With workforce constraints
With resource constraints, the problem becomes much harder to
solve. It is not possible to formulate this problem as a linear
program: workforce constraints are intrinsically combinatorial in
nature, so the problem is formulated as an integer
programThe full integer program can be found in
Pinedo (2009, sec. 4.6).
.
The problem is modelled with 0-1 variables \(x_{jt}\) which take the value 1 if job \(j\) is completed exactly at time \(t\), and 0 otherwise. The objective is to minimize the makespan, i.e. the completion time of a dummy job that depends on all other jobs. There are three constraints:
- if job \(j\) is a dependency of job \(k\), the completion time of job \(k\) is larger than the completion time of job \(j\) plus the duration of job \(k\),
- at any given time, we do not exceed the total amount of resources available for each type of resources,
- all jobs are completed at the end of the project.
This problem quickly becomes challenging from a computational point of view when the number of tasks increase. Variations on the branch and bound method have been developed to solve the resource-constrained project scheduling problem efficiently, and in practice most applications rely on heuristics to approximate the full problem. However, even special cases may be extremely challenging to solve. The project scheduling problem is a generalization of the job shop scheduling problem, which is itself a generalization of the travelling salesman problem: all of these are therefore NP-hard.

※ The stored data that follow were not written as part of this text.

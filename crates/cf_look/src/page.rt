//! Pages, traces and spans of an account or a script.
use crate::args::Shape;
use crate::history::{Account, account_of, check_room, verdict_on};
use crate::input::json_in;
use crate::people::{fill_people, people_in};
use crate::show::write_verdict;
use anyhow::Result;
use cf_explain::{Explanation, explain};
use cf_history::Verdict;
use cf_page::{page_of, scene_of, spans_of, trace_of, words_of};
use cf_plan::Plan;
use cf_script_reading::{Func, MAX_BYTES, ReadingFault, Script, Step, read_script};
use cf_telling::People;
use cf_text::ScriptFault;
use serde_json::Value as Json;
use std::alloc::{AllocError, Global};

/// What is to be shown.
#[derive(Drop)]
pub(crate) struct Shown {
    plan: Plan,
    room: u16,
    words: Vec<u64>,
    people: People,
}

/// What is known of an input.
#[derive(Drop)]
pub(crate) enum ReadInput {
    /// It can be shown.
    Shown(Shown),
    /// It is neither an account nor a script, for which `cf run` has this fault.
    Refused(ReadingFault),
}

/// The account or the script of these bytes.
pub(crate) fn read_in(alloc: Global, bytes: &[u8]) -> Result<ReadInput> {
    if bytes.len() > MAX_BYTES && !names_plan(bytes) {
        return Ok(ReadInput::Refused(ReadingFault::TooLong));
    }
    match json_in(alloc, bytes)? {
        Some(json) if json.get("plan").is_some() => Ok(ReadInput::Shown(shown_account(
            alloc, &json,
        )?)),
        json => read_in_script(alloc, bytes, json.as_ref()),
    }
}

/// Whether an account's member may stand in these bytes. What is longer than a script may be, and is no account, isn't parsed.
fn names_plan(bytes: &[u8]) -> bool {
    match str::from_utf8(bytes) {
        Ok(text) => text.contains("\"plan\""),
        Err(_) => false,
    }
}

/// An account with its verdict.
fn shown_account(alloc: Global, json: &Json) -> Result<Shown> {
    let account = account_of(alloc, json)?;
    let people = people_of(alloc, json, &account)?;
    Ok(Shown {
        plan: account.plan,
        room: account.room,
        words: account.history.words,
        people,
    })
}

/// What an account says for people, with the verdict on it.
fn people_of(alloc: Global, json: &Json, account: &Account) -> Result<People> {
    let mut people = People::new(alloc);
    fill_people(alloc, json, account, &mut people)?;
    let verdict = verdict_on(alloc, account)?;
    people.fits = matches!(verdict, Verdict::Fits);
    write_verdict(&mut people.verdict, verdict)?;
    Ok(people)
}

/// The script of these bytes.
fn read_in_script(alloc: Global, bytes: &[u8], json: Option<&Json>) -> Result<ReadInput> {
    match read_script(alloc, bytes) {
        Ok(script) => {
            let people = match json {
                Some(json) => people_in(alloc, json)?,
                None => People::new(alloc),
            };
            Ok(ReadInput::Shown(shown_script(alloc, script, people)?))
        }
        Err(ReadingFault::NoMemory) => Err(AllocError.into()),
        Err(fault) => Ok(ReadInput::Refused(fault)),
    }
}

/// A script with the events that its run makes.
fn shown_script(alloc: Global, script: Script, people: People) -> Result<Shown> {
    let mut people = people;
    people.verdict.push_str("a run of this script")?;
    let (plan, room, words) = run(alloc, script)?;
    Ok(Shown {
        plan,
        room,
        words,
        people,
    })
}

/// The events that the run of a script makes, with its plan and the room for it.
fn run(alloc: Global, script: Script) -> Result<(Plan, u16, Vec<u64>)> {
    let (plan, room, functions, steps) = script.into_parts();
    let words = words_in(alloc, &plan, room, &functions, &steps)?;
    Ok((plan, room, words))
}

fn words_in(
    alloc: Global,
    plan: &Plan,
    room: u16,
    functions: &[Func],
    steps: &[Step],
) -> Result<Vec<u64>> {
    check_room(plan, room)?;
    Ok(words_of(alloc, plan, room, functions, steps)?)
}

/// The text that shows it.
pub(crate) fn text_of(alloc: Global, shown: &Shown, shape: Shape) -> Result<String> {
    check_room(&shown.plan, shown.room)?;
    let people = &shown.people;
    let scene = scene_of(alloc, &shown.plan, shown.room, &shown.words, people)?;
    let text = match shape {
        Shape::Page => page_of(alloc, &scene, people),
        Shape::Trace => trace_of(alloc, &scene, people),
        Shape::Spans => spans_of(alloc, &scene, people, &shown.words),
    };
    Ok(text?)
}

/// Writes to standard error why these bytes are no script, and where.
pub(crate) fn write_refusal<R: Eprint + AllocGlobal>(
    rt: &R,
    bytes: &[u8],
    fault: ReadingFault,
) -> Result<()> {
    eprintln!(rt; "{}", ScriptFault::from(fault))?;
    let said = explain(rt.alloc(), bytes)?;
    write_said(rt, &said)
}

/// Writes to standard error what is said of a script, without the line of its fault.
fn write_said<R: Eprint>(rt: &R, said: &Explanation) -> Result<()> {
    if let Some(refusal) = &said.refusal {
        eprintln!(rt; "{refusal}")?;
    }
    for remark in &said.remarks {
        eprintln!(rt; "{remark}")?;
    }
    Ok(())
}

See Brucker et al. (1999) for a short survey of algorithms and heuristics, and extensions to the harder problems (multi-mode case, time-cost trade-offs, other objective functions). Pinedo (2016) contains a much more extensive discussion of all kinds of scheduling problems, algorithms, and implementation considerations.
Further reading
Brucker et al. (1999) is a great survey of the algorithms available for project scheduling. For longer books, Pinedo (2016), Brucker (2007), Conway, Maxwell, and Miller (2003), and Leung (2004) are good references for the theoretical aspects, and Pinedo (2009) and Błażewicz et al. (2001) for applications.
Atabakhsh (1991), Noronha and Sarma (1991), and Smith (1992) contain algorithms that use methods from artificial intelligence to complement the traditional operations research approach.
Automating project management
Let us review our workflow from the beginning. Even for the general case of project scheduling with workforce and temporal constraints, algorithms exist that are able to automate the entire scheduling problem (except maybe for the largest projects). Additional manipulations can easily be encoded with these two types of constraints.
Most tools today seem to rely on a variant of CPM or
PERTThis seems to be the case for Microsoft Project at
least. However, I should note that it is an enormous piece of
software, and I barely scratched the surface of its capabilities. In
particular, it can do much more that project scheduling: there are
options for resource levelling and budgeting, along with a lot of
visualization and reporting features (Gantt charts).
. As a result, you still have to manually allocate
resources, which can be really time-consuming on large projects:
ensuring that each resource is not over-allocated, and finding which
task to reschedule while minimizing the impact on the overall project
duration is not obvious at all.
As a result, a tool that would allow me to choose the level of control I want in resource allocation would be ideal. I could explicitly set the resources used by some tasks, and add some global limits on which resources are available for the overall project, and the algorithm would do the rest.
We could then focus on automating further, allowing preemption of tasks, time-cost trade-offs, etc. Finding the right abstractions and selecting the best algorithm for each case would be a challenging project, but I think it would be extremely interesting!